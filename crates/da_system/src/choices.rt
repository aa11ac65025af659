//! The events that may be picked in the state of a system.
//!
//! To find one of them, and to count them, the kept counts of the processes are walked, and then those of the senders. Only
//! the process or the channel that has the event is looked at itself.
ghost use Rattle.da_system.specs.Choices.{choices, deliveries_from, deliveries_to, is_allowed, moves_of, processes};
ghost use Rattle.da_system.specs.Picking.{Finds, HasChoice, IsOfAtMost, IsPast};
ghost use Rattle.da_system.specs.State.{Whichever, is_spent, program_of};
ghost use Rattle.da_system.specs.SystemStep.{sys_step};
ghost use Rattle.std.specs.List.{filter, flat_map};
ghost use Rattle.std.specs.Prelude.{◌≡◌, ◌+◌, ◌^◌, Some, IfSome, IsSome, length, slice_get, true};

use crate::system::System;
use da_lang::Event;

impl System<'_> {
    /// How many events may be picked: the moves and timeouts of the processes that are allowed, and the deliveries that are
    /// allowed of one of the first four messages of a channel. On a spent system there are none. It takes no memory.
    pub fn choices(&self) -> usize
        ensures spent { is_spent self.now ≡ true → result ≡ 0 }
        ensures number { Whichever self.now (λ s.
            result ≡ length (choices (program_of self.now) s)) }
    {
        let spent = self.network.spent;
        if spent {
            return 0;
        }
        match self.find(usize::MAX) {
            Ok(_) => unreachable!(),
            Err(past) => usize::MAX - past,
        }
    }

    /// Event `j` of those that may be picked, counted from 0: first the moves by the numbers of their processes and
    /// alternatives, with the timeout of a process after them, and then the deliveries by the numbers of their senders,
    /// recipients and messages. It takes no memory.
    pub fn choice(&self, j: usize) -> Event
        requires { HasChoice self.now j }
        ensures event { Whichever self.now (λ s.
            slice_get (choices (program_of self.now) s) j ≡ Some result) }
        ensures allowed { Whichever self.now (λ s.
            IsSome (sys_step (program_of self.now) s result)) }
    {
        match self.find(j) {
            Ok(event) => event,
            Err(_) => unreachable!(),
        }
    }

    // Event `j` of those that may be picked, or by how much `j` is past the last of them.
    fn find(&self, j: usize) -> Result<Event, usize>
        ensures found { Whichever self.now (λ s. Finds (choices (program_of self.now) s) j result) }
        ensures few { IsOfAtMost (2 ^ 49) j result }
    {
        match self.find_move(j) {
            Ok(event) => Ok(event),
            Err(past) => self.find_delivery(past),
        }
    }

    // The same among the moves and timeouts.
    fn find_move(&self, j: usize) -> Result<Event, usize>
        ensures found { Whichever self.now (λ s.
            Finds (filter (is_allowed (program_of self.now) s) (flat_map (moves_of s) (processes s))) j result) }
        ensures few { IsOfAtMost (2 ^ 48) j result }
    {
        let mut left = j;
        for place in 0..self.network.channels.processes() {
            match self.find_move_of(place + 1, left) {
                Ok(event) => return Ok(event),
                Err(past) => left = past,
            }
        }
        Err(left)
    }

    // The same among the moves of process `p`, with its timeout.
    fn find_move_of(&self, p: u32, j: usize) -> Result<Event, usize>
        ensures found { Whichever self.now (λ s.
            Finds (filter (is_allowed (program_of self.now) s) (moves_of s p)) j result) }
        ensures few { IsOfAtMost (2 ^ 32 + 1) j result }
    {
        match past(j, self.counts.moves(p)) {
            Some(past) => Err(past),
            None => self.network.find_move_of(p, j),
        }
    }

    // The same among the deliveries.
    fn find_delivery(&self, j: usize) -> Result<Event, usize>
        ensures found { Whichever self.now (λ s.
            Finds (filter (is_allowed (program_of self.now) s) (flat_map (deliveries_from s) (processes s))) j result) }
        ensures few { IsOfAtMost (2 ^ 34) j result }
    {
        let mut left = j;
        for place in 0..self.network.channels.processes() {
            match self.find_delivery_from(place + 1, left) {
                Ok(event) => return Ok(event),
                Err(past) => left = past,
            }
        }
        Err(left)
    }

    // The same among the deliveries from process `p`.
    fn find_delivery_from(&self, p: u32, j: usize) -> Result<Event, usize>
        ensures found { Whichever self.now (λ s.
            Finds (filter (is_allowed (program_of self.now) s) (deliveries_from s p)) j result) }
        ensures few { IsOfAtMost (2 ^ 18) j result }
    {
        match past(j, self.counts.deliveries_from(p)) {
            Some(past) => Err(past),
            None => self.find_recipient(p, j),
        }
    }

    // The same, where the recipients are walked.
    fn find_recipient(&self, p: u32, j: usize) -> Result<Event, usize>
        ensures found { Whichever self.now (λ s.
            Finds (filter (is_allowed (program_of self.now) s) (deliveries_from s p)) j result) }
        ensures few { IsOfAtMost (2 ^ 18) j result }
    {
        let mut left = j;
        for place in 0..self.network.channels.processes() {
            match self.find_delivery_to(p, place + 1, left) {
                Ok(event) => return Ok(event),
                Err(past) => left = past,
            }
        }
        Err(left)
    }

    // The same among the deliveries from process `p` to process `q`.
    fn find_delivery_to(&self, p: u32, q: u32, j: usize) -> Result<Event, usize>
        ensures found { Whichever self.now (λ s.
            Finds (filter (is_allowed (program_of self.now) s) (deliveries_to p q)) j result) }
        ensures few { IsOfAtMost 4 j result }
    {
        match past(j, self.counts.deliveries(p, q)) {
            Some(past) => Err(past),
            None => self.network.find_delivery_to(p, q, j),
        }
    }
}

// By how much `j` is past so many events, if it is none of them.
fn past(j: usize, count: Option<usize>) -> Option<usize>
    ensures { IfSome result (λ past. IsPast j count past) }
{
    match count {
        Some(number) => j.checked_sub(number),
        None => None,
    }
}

» **EXERCISE DIRECTIONS**: Reproduce the whole listing word for word.

» **RESULT FOR THIS EXERCISE**:
filename crates/da_system/src/choices.rt
repository aa11ac65025af659
//! The events that may be picked in the state of a system.
//!
//! To find one of them, and to count them, the kept counts of the processes are walked, and then those of the senders. Only
//! the process or the channel that has the event is looked at itself.
ghost use Rattle.da_system.specs.Choices.{choices, deliveries_from, deliveries_to, is_allowed, moves_of, processes};
ghost use Rattle.da_system.specs.Picking.{Finds, HasChoice, IsOfAtMost, IsPast};
ghost use Rattle.da_system.specs.State.{Whichever, is_spent, program_of};
ghost use Rattle.da_system.specs.SystemStep.{sys_step};
ghost use Rattle.std.specs.List.{filter, flat_map};
ghost use Rattle.std.specs.Prelude.{◌≡◌, ◌+◌, ◌^◌, Some, IfSome, IsSome, length, slice_get, true};

use crate::system::System;
use da_lang::Event;

impl System<'_> {
    /// How many events may be picked: the moves and timeouts of the processes that are allowed, and the deliveries that are
    /// allowed of one of the first four messages of a channel. On a spent system there are none. It takes no memory.
    pub fn choices(&self) -> usize
        ensures spent { is_spent self.now ≡ true → result ≡ 0 }
        ensures number { Whichever self.now (λ s.
            result ≡ length (choices (program_of self.now) s)) }
    {
        let spent = self.network.spent;
        if spent {
            return 0;
        }
        match self.find(usize::MAX) {
            Ok(_) => unreachable!(),
            Err(past) => usize::MAX - past,
        }
    }

    /// Event `j` of those that may be picked, counted from 0: first the moves by the numbers of their processes and
    /// alternatives, with the timeout of a process after them, and then the deliveries by the numbers of their senders,
    /// recipients and messages. It takes no memory.
    pub fn choice(&self, j: usize) -> Event
        requires { HasChoice self.now j }
        ensures event { Whichever self.now (λ s.
            slice_get (choices (program_of self.now) s) j ≡ Some result) }
        ensures allowed { Whichever self.now (λ s.
            IsSome (sys_step (program_of self.now) s result)) }
    {
        match self.find(j) {
            Ok(event) => event,
            Err(_) => unreachable!(),
        }
    }

    // Event `j` of those that may be picked, or by how much `j` is past the last of them.
    fn find(&self, j: usize) -> Result<Event, usize>
        ensures found { Whichever self.now (λ s. Finds (choices (program_of self.now) s) j result) }
        ensures few { IsOfAtMost (2 ^ 49) j result }
    {
        match self.find_move(j) {
            Ok(event) => Ok(event),
            Err(past) => self.find_delivery(past),
        }
    }

    // The same among the moves and timeouts.
    fn find_move(&self, j: usize) -> Result<Event, usize>
        ensures found { Whichever self.now (λ s.
            Finds (filter (is_allowed (program_of self.now) s) (flat_map (moves_of s) (processes s))) j result) }
        ensures few { IsOfAtMost (2 ^ 48) j result }
    {
        let mut left = j;
        for place in 0..self.network.channels.processes() {
            match self.find_move_of(place + 1, left) {
                Ok(event) => return Ok(event),
                Err(past) => left = past,
            }
        }
        Err(left)
    }

    // The same among the moves of process `p`, with its timeout.
    fn find_move_of(&self, p: u32, j: usize) -> Result<Event, usize>
        ensures found { Whichever self.now (λ s.
            Finds (filter (is_allowed (program_of self.now) s) (moves_of s p)) j result) }
        ensures few { IsOfAtMost (2 ^ 32 + 1) j result }
    {
        match past(j, self.counts.moves(p)) {
            Some(past) => Err(past),
            None => self.network.find_move_of(p, j),
        }
    }

    // The same among the deliveries.
    fn find_delivery(&self, j: usize) -> Result<Event, usize>
        ensures found { Whichever self.now (λ s.
            Finds (filter (is_allowed (program_of self.now) s) (flat_map (deliveries_from s) (processes s))) j result) }
        ensures few { IsOfAtMost (2 ^ 34) j result }
    {
        let mut left = j;
        for place in 0..self.network.channels.processes() {
            match self.find_delivery_from(place + 1, left) {
                Ok(event) => return Ok(event),
                Err(past) => left = past,
            }
        }
        Err(left)
    }

    // The same among the deliveries from process `p`.
    fn find_delivery_from(&self, p: u32, j: usize) -> Result<Event, usize>
        ensures found { Whichever self.now (λ s.
            Finds (filter (is_allowed (program_of self.now) s) (deliveries_from s p)) j result) }
        ensures few { IsOfAtMost (2 ^ 18) j result }
    {
        match past(j, self.counts.deliveries_from(p)) {
            Some(past) => Err(past),
            None => self.find_recipient(p, j),
        }
    }

    // The same, where the recipients are walked.
    fn find_recipient(&self, p: u32, j: usize) -> Result<Event, usize>
        ensures found { Whichever self.now (λ s.
            Finds (filter (is_allowed (program_of self.now) s) (deliveries_from s p)) j result) }
        ensures few { IsOfAtMost (2 ^ 18) j result }
    {
        let mut left = j;
        for place in 0..self.network.channels.processes() {
            match self.find_delivery_to(p, place + 1, left) {
                Ok(event) => return Ok(event),
                Err(past) => left = past,
            }
        }
        Err(left)
    }

    // The same among the deliveries from process `p` to process `q`.
    fn find_delivery_to(&self, p: u32, q: u32, j: usize) -> Result<Event, usize>
        ensures found { Whichever self.now (λ s.
            Finds (filter (is_allowed (program_of self.now) s) (deliveries_to p q)) j result) }
        ensures few { IsOfAtMost 4 j result }
    {
        match past(j, self.counts.deliveries(p, q)) {
            Some(past) => Err(past),
            None => self.network.find_delivery_to(p, q, j),
        }
    }
}

// By how much `j` is past so many events, if it is none of them.
fn past(j: usize, count: Option<usize>) -> Option<usize>
    ensures { IfSome result (λ past. IsPast j count past) }
{
    match count {
        Some(number) => j.checked_sub(number),
        None => None,
    }
}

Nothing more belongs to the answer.